• _PROBLEM DESCRIPTION_:
Output exactly what appears from the line containing "Order::ScopeFifo => Work::Scope" to the end of the data below, and nothing more.

• _AVAILABLE DATA_:
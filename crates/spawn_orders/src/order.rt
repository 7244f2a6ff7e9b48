//! How jobs are spawned.
ghost use Rattle.spawn_orders.specs.Orders.{numbers_of, takes_oldest, leaves_of};
ghost use Rattle.std.specs.Prelude.{◌≡◌, length};

use crate::spawned::{SpawnCall, Spawned, Work};
use rayon_core::ThreadPoolBuilder;

/// How jobs are spawned on the one worker of a pool, and which of its jobs this takes first.
#[derive(Clone, Copy, Debug, PartialEq, Eq)]
pub enum Order {
    /// A job spawns ten that spawn ten each, and the worker takes its newest first.
    Lifo,
    /// The same, each spawned in order.
    Fifo,
    /// The same, the ten by `spawn` and those of each in order.
    LifoFifo,
    /// The same, the ten in order and those of each by `spawn`.
    FifoLifo,
    /// As `Lifo`, but the worker takes its oldest first.
    Breadth,
    /// As `Lifo`, but all are spawned into one scope.
    ScopeLifo,
    /// The same, each spawned in order.
    ScopeFifo,
    /// A job spawns 0, -1, 1, -2, 2, -3 and 3, those below 0 in order.
    MixedLifoFifo,
    /// The same numbers, those that are not below 0 in order.
    MixedFifoLifo,
}

// 0 to 99.
const TO_NINETY_NINE: [i8; 100] = [
    0, 1, 2, 3, 4, 5, 6, 7, 8, 9, 10, 11, 12, 13, 14, 15, 16, 17, 18, 19, 20, 21, 22, 23, 24, 25,
    26, 27, 28, 29, 30, 31, 32, 33, 34, 35, 36, 37, 38, 39, 40, 41, 42, 43, 44, 45, 46, 47, 48, 49,
    50, 51, 52, 53, 54, 55, 56, 57, 58, 59, 60, 61, 62, 63, 64, 65, 66, 67, 68, 69, 70, 71, 72, 73,
    74, 75, 76, 77, 78, 79, 80, 81, 82, 83, 84, 85, 86, 87, 88, 89, 90, 91, 92, 93, 94, 95, 96, 97,
    98, 99,
];

// -3 to 3.
const AROUND_ZERO: [i8; 7] = [-3, -2, -1, 0, 1, 2, 3];

impl Order {
    /// What the order's pool is to be like: it has one worker, which takes its oldest job first, or its newest.
    pub fn pool(self) -> ThreadPoolBuilder<Spawned>
        ensures workers { result.num_threads ≡ 1 }
        ensures order { result.breadth_first ≡ takes_oldest self }
    {
        let builder = ThreadPoolBuilder::new().num_threads(1);
        match self {
            Order::Breadth => builder.breadth_first(),
            Order::Lifo
            | Order::Fifo
            | Order::LifoFifo
            | Order::FifoLifo
            | Order::ScopeLifo
            | Order::ScopeFifo
            | Order::MixedLifoFifo
            | Order::MixedFifoLifo => builder,
        }
    }

    /// What the job does that is installed. With those below it, it puts as many numbers into the list as the order
    /// has.
    pub(crate) fn work(self) -> Work
        ensures { leaves_of result ≡ length (numbers_of self) }
    {
        match self {
            Order::Lifo | Order::Breadth => Work::tens(SpawnCall::Spawn, SpawnCall::Spawn),
            Order::Fifo => Work::tens(SpawnCall::SpawnFifo, SpawnCall::SpawnFifo),
            Order::LifoFifo => Work::tens(SpawnCall::Spawn, SpawnCall::SpawnFifo),
            Order::FifoLifo => Work::tens(SpawnCall::SpawnFifo, SpawnCall::Spawn),
            Order::ScopeLifo => Work::Scope {
                call: SpawnCall::Spawn,
            },
            Order::ScopeFifo => Work::Scope {
                call: SpawnCall::SpawnFifo,
            },
            Order::MixedLifoFifo => Work::Mixed {
                below: SpawnCall::SpawnFifo,
                others: SpawnCall::Spawn,
            },
            Order::MixedFifoLifo => Work::Mixed {
                below: SpawnCall::Spawn,
                others: SpawnCall::SpawnFifo,
            },
        }
    }

    /// The numbers that the jobs put into the list, ascending.
    pub(crate) fn numbers(self) -> &'static [i8]
        ensures { result.now ≡ numbers_of self }
    {
        match self {
            Order::Lifo
            | Order::Fifo
            | Order::LifoFifo
            | Order::FifoLifo
            | Order::Breadth
            | Order::ScopeLifo
            | Order::ScopeFifo => &TO_NINETY_NINE,
            Order::MixedLifoFifo | Order::MixedFifoLifo => &AROUND_ZERO,
        }
    }
}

• _WRITTEN ANSWER_:
            Order::ScopeFifo => Work::Scope {
                call: SpawnCall::SpawnFifo,
            },
            Order::MixedLifoFifo => Work::Mixed {
                below: SpawnCall::SpawnFifo,
                others: SpawnCall::Spawn,
            },
            Order::MixedFifoLifo => Work::Mixed {
                below: SpawnCall::Spawn,
                others: SpawnCall::SpawnFifo,
            },
        }
    }

    /// The numbers that the jobs put into the list, ascending.
    pub(crate) fn numbers(self) -> &'static [i8]
        ensures { result.now ≡ numbers_of self }
    {
        match self {
            Order::Lifo
            | Order::Fifo
            | Order::LifoFifo
            | Order::FifoLifo
            | Order::Breadth
            | Order::ScopeLifo
            | Order::ScopeFifo => &TO_NINETY_NINE,
            Order::MixedLifoFifo | Order::MixedFifoLifo => &AROUND_ZERO,
        }
    }
}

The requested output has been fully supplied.